Exercise prompt: The lines to reproduce run from the first one below to the line containing "The other spares", both included. Reproduce them exactly and nothing else.

The data:
//! The steps of a rebuild, behind which each role that no slot holds is named.

ghost use Rattle.std.specs.Prelude.{◌≡◌, ◌≤◌, ◌<◌, ℕ, true, false, length, None, vec_capacity, MatchOption, ⊤};
ghost use Rattle.array_fixed_io.specs.bank_Given.{NeverFalls};
ghost use Rattle.array_fixed_io.specs.raid_types_Sectors.{Sector};
ghost use Rattle.array_fixed_io.specs.raid_types_the_Role_TheVariants.{Whole as IsWhole, Recovering as IsRecovering};
ghost use Rattle.array_fixed_io.specs.sb_specs_Reading.{is_reshaping, shape_of, is_clean, role_state, rows_held};
ghost use Rattle.array_fixed_io.specs.sb_specs_Reads.{has_spare};
ghost use Rattle.array_fixed_io.specs.stripe_row_Rows.{reading_of, present};
ghost use Rattle.array_fixed_io.specs.stripe_list_Writing.{HasFull};
ghost use Rattle.array_fixed_io.specs.history_World.{World};
ghost use Rattle.array_fixed_io.specs.history_Sound.{OpensFit};
ghost use Rattle.array_fixed_io.specs.crash_views_Regions.{DoWithout};
ghost use Rattle.array_fixed_io.specs.crash_views_Views.{Ledger};
ghost use Rattle.array_fixed_io.specs.crash_safety_laws_Marking.{AreOthersPresent};
ghost use Rattle.array_fixed_io.specs.crash_safety_laws_Safety.{HasLiveSlot, HasRoomLeft, IsRisen};
ghost use Rattle.array_fixed_io.specs.crash_safety_laws_Steady.{AreUnlost, IsSafeOver, KeepsSafe, AreGoneTold, IsUncleanTold, AreWritesAllowed, given_back};
ghost use Rattle.array_fixed_io.specs.array_members_Lacking.{HaveFailedSince, RowsStand, LacksTooMany, DataStandsAmong, RowsStandAmong, IsOfStripe};
ghost use Rattle.array_fixed_io.specs.array_members_Moving.{Grows, IsMoved};
ghost use Rattle.array_fixed_io.specs.array_members_Placed.{is_unassigned, IsPlaced};
ghost use Rattle.array_fixed_io.specs.array_members_Rebuilding.{AreSparesFree, with_recovering, with_whole, AreRowsFull, IsFilledAmong};
ghost use Rattle.array_fixed_io.specs.array_members_Status.{stripes_of};
ghost use Rattle.array_fixed_io.specs.sb_safe_updates_Named.{AreNamedMissing};

use array_fixed_io::{
    Bank, Filled, Members, Shape, fill, flush_and_record, give_role, is_unassigned, record_missing,
};

// Gives a role that no slot holds to a spare, which has nothing of it yet, and names the roles that no slot holds. The other spares
// that were lost in this.
pub(crate) fn give_and_name<B: Bank>(
    members: &mut Members,
    bank: &mut B,
    role: u32,
    slot: u32,
) -> u32
    requires slots { (B.given bank.old).slots ≤ 32 }
    requires placed { IsPlaced (B.given bank.old) members.old }
    requires unlost { AreUnlost members.old }
    requires free { AreSparesFree (B.given bank.old) members.old }
    requires still { is_reshaping members.old.newest ≡ false }
    requires role { role < (shape_of members.old.newest).disks }
    requires vacant { is_unassigned (reading_of members.old) role ≡ true }
    requires spare { has_spare members.old.spares slot ≡ true }
    ensures moved { IsMoved (B.given bank.old) (with_recovering role slot members.old) members.new }
    ensures failed { HaveFailedSince (with_recovering role slot members.old) members.new result (B.faults_of bank.old) (B.faults_of bank.new) }
    ensures grows { Grows B.tells (B.tape bank.old) (B.tape bank.new) }
    ensures others { B.tells → AreOthersPresent (present (B.given bank.old) (B.tape bank.old)) (present (B.given bank.old) (B.tape bank.new)) }
    ensures clean { is_clean members.new.newest ≡ is_clean members.old.newest }
    ensures missing { HasLiveSlot members.new → AreNamedMissing members.new }
    ensures rise { IsRisen B.tells members.old members.new (B.tape bank.old) (B.tape bank.new) }
    ensures safe { B.tells → (world : World) → (told : Ledger) → HasRoomLeft members.old (B.tape bank.old) (B.tape bank.new)
        → AreGoneTold told members.new → told.gone role ≡ true → IsUncleanTold told members.old → IsSafeOver world (B.given bank.old) told members.old (B.tape bank.old)
        → KeepsSafe world (B.given bank.old) told members.new (B.tape bank.old) (B.tape bank.new) }
    ensures given { B.given bank.new ≡ B.given bank.old }
    ensures counts { NeverFalls (B.faults_of bank.old) (B.faults_of bank.new) }
{
    let spares = give_role(members, bank, role, slot);
    let others = record_missing(members, bank);
    spares | others
}

// Flushes the slot that recovers a role, which has every row of it, and records the role whole; where the slot fails, it is lost.
// Names the roles that no slot holds. The spares that were lost in this.
pub(crate) fn record_and_name<B: Bank>(
    members: &mut Members,
    bank: &mut B,
    role: u32,
    slot: u32,
) -> u32
    requires slots { (B.given bank.old).slots ≤ 32 }
    requires placed { IsPlaced (B.given bank.old) members.old }
    requires unlost { AreUnlost members.old }
    requires free { AreSparesFree (B.given bank.old) members.old }
    requires few { length members.old.spares ≤ 32 }
    requires still { is_reshaping members.old.newest ≡ false }
    requires role { role < (shape_of members.old.newest).disks }
    requires recovering { role_state (reading_of members.old) role ≡ IsRecovering slot }
    ensures moved { IsMoved (B.given bank.old) (with_whole role slot members.old) members.new }
    ensures failed { HaveFailedSince (with_whole role slot members.old) members.new result (B.faults_of bank.old) (B.faults_of bank.new) }
    ensures grows { Grows B.tells (B.tape bank.old) (B.tape bank.new) }
    ensures others { B.tells → AreOthersPresent (present (B.given bank.old) (B.tape bank.old)) (present (B.given bank.old) (B.tape bank.new)) }
    ensures clean { is_clean members.new.newest ≡ is_clean members.old.newest }
    ensures missing { HasLiveSlot members.new → AreNamedMissing members.new }
    ensures rise { IsRisen B.tells members.old members.new (B.tape bank.old) (B.tape bank.new) }
    ensures safe { B.tells → (world : World) → (told : Ledger) → HasRoomLeft members.old (B.tape bank.old) (B.tape bank.new)
        → AreGoneTold told members.new → told.gone role ≡ true → IsUncleanTold told members.old → OpensFit world → DoWithout members.old → (list : ℕ → Sector)
        → RowsStand members.old (present (B.given bank.old) (B.tape bank.old)) list → AreWritesAllowed members.old told.values list
        → AreRowsFull members.old role slot list (present (B.given bank.old) (B.tape bank.old)) → IsSafeOver world (B.given bank.old) told members.old (B.tape bank.old)
        → KeepsSafe world (B.given bank.old) told members.new (B.tape bank.old) (B.tape bank.new) }
    ensures given_back { role_state (reading_of members.new) role ≡ IsWhole slot → B.tells → (world : World) → (told : Ledger) → HasRoomLeft members.old (B.tape bank.old) (B.tape bank.new)
        → AreGoneTold told members.new → told.gone role ≡ true → IsUncleanTold told members.old → OpensFit world → DoWithout members.old → (list : ℕ → Sector)
        → RowsStand members.old (present (B.given bank.old) (B.tape bank.old)) list → AreWritesAllowed members.old told.values list
        → AreRowsFull members.old role slot list (present (B.given bank.old) (B.tape bank.old)) → IsSafeOver world (B.given bank.old) told members.old (B.tape bank.old)
        → IsSafeOver world (B.given bank.old) (given_back role told) members.new (B.tape bank.new) }
    ensures given { B.given bank.new ≡ B.given bank.old }
    ensures counts { NeverFalls (B.faults_of bank.old) (B.faults_of bank.new) }
{
    let spares = flush_and_record(members, bank, role, slot);
    let others = record_missing(members, bank);
    spares | others
}

// Rebuilds a stripe of a role on the slot that recovers it; where that slot is lost, names the roles that no slot holds. It ends where
// more are missing than the array can do without.
pub(crate) fn fill_and_name<B: Bank>(
    members: &mut Members,
    bank: &mut B,
    shape: &Shape,
    role: u32,
    slot: u32,
    stripe: u64,
    rows: &mut Vec<u64>,
    buffer: &mut Vec<u8>,
) -> Filled
    requires slots { (B.given bank.old).slots ≤ 32 }
    requires placed { IsPlaced (B.given bank.old) members.old }
    requires unlost { AreUnlost members.old }
    requires free { AreSparesFree (B.given bank.old) members.old }
    requires still { is_reshaping members.old.newest ≡ false }
    requires shape { shape.now ≡ shape_of members.old.newest }
    requires role { role < shape.now.disks }
    requires recovering { role_state (reading_of members.old) role ≡ IsRecovering slot }
    requires stripe { stripe < stripes_of members.old }
    requires rows { 128 ≤ vec_capacity rows.old }
    requires buffer { 1048576 ≤ length buffer.old.items }
    ensures moved { IsMoved (B.given bank.old) members.old members.new }
    ensures failed { HaveFailedSince members.old members.new result.spares (B.faults_of bank.old) (B.faults_of bank.new) }
    ensures refused { MatchOption result.refusal ⊤ (LacksTooMany shape.now members.new) }
    ensures grows { Grows B.tells (B.tape bank.old) (B.tape bank.new) }
    ensures clean { is_clean members.new.newest ≡ is_clean members.old.newest }
    ensures missing { result.refusal ≡ None → is_unassigned (reading_of members.new) role ≡ true → HasLiveSlot members.new → AreNamedMissing members.new }
    ensures filled { result.refusal ≡ None → role_state (reading_of members.new) role ≡ IsRecovering slot → B.tells → (list : ℕ → Sector)
        → DataStandsAmong shape.now (IsOfStripe shape.now stripe) members.old (present (B.given bank.old) (B.tape bank.old)) list → RowsStandAmong shape.now (IsOfStripe shape.now stripe) members.old (present (B.given bank.old) (B.tape bank.old)) list
        → (row : ℕ) → IsOfStripe shape.now stripe row → rows_held (reading_of members.old) (IsRecovering slot) ≤ row
        → HasFull (reading_of members.new) (present (B.given bank.old) (B.tape bank.new)) shape.now list row role slot }
    ensures others { B.tells → IsFilledAmong members.old role slot (IsOfStripe shape.now stripe) (present (B.given bank.old) (B.tape bank.old)) (present (B.given bank.old) (B.tape bank.new)) }
    ensures rise { IsRisen B.tells members.old members.new (B.tape bank.old) (B.tape bank.new) }
    ensures safe { B.tells → (world : World) → (told : Ledger) → HasRoomLeft members.old (B.tape bank.old) (B.tape bank.new)
        → AreGoneTold told members.new → IsUncleanTold told members.old → IsSafeOver world (B.given bank.old) told members.old (B.tape bank.old)
        → KeepsSafe world (B.given bank.old) told members.new (B.tape bank.old) (B.tape bank.new) }
    ensures given { B.given bank.new ≡ B.given bank.old }
    ensures counts { NeverFalls (B.faults_of bank.old) (B.faults_of bank.new) }
    ensures rows { vec_capacity rows.old ≤ vec_capacity rows.new }
    ensures buffer { length buffer.new.items ≡ length buffer.old.items }
{
    let filled = fill(members, bank, shape, role, slot, stripe, rows, buffer);
    if filled.refusal.is_some() | !is_unassigned(members, role) {
        return filled;
    }
    let others = record_missing(members, bank);
    Filled {
        spares: filled.spares | others,
        refusal: None,
    }
}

Solution:
//! The steps of a rebuild, behind which each role that no slot holds is named.

ghost use Rattle.std.specs.Prelude.{◌≡◌, ◌≤◌, ◌<◌, ℕ, true, false, length, None, vec_capacity, MatchOption, ⊤};
ghost use Rattle.array_fixed_io.specs.bank_Given.{NeverFalls};
ghost use Rattle.array_fixed_io.specs.raid_types_Sectors.{Sector};
ghost use Rattle.array_fixed_io.specs.raid_types_the_Role_TheVariants.{Whole as IsWhole, Recovering as IsRecovering};
ghost use Rattle.array_fixed_io.specs.sb_specs_Reading.{is_reshaping, shape_of, is_clean, role_state, rows_held};
ghost use Rattle.array_fixed_io.specs.sb_specs_Reads.{has_spare};
ghost use Rattle.array_fixed_io.specs.stripe_row_Rows.{reading_of, present};
ghost use Rattle.array_fixed_io.specs.stripe_list_Writing.{HasFull};
ghost use Rattle.array_fixed_io.specs.history_World.{World};
ghost use Rattle.array_fixed_io.specs.history_Sound.{OpensFit};
ghost use Rattle.array_fixed_io.specs.crash_views_Regions.{DoWithout};
ghost use Rattle.array_fixed_io.specs.crash_views_Views.{Ledger};
ghost use Rattle.array_fixed_io.specs.crash_safety_laws_Marking.{AreOthersPresent};
ghost use Rattle.array_fixed_io.specs.crash_safety_laws_Safety.{HasLiveSlot, HasRoomLeft, IsRisen};
ghost use Rattle.array_fixed_io.specs.crash_safety_laws_Steady.{AreUnlost, IsSafeOver, KeepsSafe, AreGoneTold, IsUncleanTold, AreWritesAllowed, given_back};
ghost use Rattle.array_fixed_io.specs.array_members_Lacking.{HaveFailedSince, RowsStand, LacksTooMany, DataStandsAmong, RowsStandAmong, IsOfStripe};
ghost use Rattle.array_fixed_io.specs.array_members_Moving.{Grows, IsMoved};
ghost use Rattle.array_fixed_io.specs.array_members_Placed.{is_unassigned, IsPlaced};
ghost use Rattle.array_fixed_io.specs.array_members_Rebuilding.{AreSparesFree, with_recovering, with_whole, AreRowsFull, IsFilledAmong};
ghost use Rattle.array_fixed_io.specs.array_members_Status.{stripes_of};
ghost use Rattle.array_fixed_io.specs.sb_safe_updates_Named.{AreNamedMissing};

use array_fixed_io::{
    Bank, Filled, Members, Shape, fill, flush_and_record, give_role, is_unassigned, record_missing,
};

// Gives a role that no slot holds to a spare, which has nothing of it yet, and names the roles that no slot holds. The other spares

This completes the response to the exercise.